> Problem statement
Count the lines of data below that include "truth". Provide only the number.

= Beginning of Section =

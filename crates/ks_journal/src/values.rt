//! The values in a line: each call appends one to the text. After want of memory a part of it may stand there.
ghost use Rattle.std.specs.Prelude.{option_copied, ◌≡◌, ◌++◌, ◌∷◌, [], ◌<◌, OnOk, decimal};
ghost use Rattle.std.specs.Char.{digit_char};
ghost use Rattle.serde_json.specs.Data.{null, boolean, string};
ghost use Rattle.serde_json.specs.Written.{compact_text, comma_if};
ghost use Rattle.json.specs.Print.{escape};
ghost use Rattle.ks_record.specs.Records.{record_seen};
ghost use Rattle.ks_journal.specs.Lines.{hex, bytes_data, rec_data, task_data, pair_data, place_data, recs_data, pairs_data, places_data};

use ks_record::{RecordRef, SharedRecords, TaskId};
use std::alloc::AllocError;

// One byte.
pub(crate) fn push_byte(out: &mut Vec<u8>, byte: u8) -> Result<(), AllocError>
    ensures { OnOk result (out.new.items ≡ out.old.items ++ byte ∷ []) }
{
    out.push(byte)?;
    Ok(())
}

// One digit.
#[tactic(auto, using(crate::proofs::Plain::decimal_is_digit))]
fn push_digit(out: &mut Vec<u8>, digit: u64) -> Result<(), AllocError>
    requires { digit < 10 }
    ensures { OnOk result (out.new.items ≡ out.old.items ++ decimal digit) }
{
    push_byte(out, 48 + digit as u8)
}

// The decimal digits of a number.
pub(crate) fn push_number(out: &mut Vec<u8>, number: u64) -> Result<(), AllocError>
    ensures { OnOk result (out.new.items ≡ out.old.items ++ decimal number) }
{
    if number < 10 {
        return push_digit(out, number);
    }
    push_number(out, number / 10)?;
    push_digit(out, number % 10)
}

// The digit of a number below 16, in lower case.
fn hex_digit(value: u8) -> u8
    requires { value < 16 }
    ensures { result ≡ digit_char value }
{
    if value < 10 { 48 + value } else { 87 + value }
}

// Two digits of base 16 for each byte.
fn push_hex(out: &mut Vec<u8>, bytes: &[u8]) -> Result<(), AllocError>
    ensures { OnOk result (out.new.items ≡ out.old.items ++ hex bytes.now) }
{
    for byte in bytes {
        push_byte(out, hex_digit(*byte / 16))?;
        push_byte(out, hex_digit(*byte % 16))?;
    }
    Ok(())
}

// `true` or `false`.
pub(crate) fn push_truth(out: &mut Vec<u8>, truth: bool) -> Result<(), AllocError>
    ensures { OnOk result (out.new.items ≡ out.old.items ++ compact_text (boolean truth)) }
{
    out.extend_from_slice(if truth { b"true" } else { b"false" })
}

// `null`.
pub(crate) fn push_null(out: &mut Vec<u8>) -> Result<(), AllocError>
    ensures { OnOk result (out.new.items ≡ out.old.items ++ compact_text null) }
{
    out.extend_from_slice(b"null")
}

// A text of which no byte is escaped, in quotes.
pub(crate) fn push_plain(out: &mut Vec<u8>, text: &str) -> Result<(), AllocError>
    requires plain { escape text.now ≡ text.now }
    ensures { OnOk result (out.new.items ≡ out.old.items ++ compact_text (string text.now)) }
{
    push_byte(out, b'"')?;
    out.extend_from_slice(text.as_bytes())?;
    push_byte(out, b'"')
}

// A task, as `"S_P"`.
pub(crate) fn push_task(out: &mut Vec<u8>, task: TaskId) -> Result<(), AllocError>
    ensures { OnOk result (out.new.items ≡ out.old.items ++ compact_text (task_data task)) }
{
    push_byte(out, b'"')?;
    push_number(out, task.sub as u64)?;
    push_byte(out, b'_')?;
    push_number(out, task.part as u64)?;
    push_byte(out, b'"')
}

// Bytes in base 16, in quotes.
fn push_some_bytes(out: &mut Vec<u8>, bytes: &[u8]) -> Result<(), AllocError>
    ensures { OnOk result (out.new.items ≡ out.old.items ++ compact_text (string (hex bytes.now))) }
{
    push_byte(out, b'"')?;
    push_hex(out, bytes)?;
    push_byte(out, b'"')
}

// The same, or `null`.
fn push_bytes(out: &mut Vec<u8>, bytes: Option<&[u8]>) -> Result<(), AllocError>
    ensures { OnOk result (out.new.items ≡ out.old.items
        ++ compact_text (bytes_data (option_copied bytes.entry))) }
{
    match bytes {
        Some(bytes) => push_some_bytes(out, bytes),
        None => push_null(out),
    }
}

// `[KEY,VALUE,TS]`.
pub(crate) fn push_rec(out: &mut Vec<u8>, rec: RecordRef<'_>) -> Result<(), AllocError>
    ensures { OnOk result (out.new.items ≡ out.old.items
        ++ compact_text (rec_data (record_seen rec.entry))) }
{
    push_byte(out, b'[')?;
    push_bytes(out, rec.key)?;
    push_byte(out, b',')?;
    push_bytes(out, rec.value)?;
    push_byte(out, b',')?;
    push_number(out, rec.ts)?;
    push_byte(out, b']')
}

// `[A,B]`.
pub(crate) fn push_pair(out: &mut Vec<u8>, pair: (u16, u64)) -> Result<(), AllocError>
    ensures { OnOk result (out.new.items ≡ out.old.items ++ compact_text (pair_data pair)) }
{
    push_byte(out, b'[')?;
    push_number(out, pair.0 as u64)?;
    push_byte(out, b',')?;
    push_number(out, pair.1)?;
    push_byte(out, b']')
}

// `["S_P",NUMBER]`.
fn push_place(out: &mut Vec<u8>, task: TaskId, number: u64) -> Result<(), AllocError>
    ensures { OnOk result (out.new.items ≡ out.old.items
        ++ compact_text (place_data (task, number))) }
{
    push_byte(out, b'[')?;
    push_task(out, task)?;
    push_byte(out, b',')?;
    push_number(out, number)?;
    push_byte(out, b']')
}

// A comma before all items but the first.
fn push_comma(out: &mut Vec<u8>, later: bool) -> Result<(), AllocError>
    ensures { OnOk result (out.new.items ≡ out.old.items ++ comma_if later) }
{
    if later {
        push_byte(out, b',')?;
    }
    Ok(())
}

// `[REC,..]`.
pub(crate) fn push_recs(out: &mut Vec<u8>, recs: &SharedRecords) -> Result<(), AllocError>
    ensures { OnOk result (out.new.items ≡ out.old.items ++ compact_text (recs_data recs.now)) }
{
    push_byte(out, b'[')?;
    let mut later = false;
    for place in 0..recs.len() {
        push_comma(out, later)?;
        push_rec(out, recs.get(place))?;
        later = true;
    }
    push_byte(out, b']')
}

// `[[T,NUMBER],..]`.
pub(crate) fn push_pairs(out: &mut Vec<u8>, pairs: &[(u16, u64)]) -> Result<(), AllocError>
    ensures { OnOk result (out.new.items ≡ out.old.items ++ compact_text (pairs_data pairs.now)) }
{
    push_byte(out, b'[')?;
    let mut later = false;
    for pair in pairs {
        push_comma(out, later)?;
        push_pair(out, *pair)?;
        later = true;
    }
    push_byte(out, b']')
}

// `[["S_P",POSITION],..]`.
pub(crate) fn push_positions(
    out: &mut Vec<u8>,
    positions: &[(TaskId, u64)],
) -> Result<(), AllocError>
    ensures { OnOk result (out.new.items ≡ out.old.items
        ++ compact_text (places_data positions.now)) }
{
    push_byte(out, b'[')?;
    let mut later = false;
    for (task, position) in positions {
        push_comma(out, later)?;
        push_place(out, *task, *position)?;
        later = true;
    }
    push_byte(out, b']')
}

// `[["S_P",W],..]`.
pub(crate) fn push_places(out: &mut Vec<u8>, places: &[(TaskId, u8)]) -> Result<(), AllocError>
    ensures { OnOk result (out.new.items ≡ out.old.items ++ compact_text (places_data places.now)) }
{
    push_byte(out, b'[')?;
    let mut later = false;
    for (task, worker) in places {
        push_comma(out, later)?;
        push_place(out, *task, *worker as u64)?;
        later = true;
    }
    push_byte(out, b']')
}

= End of Section =

> Answer to the exercise
3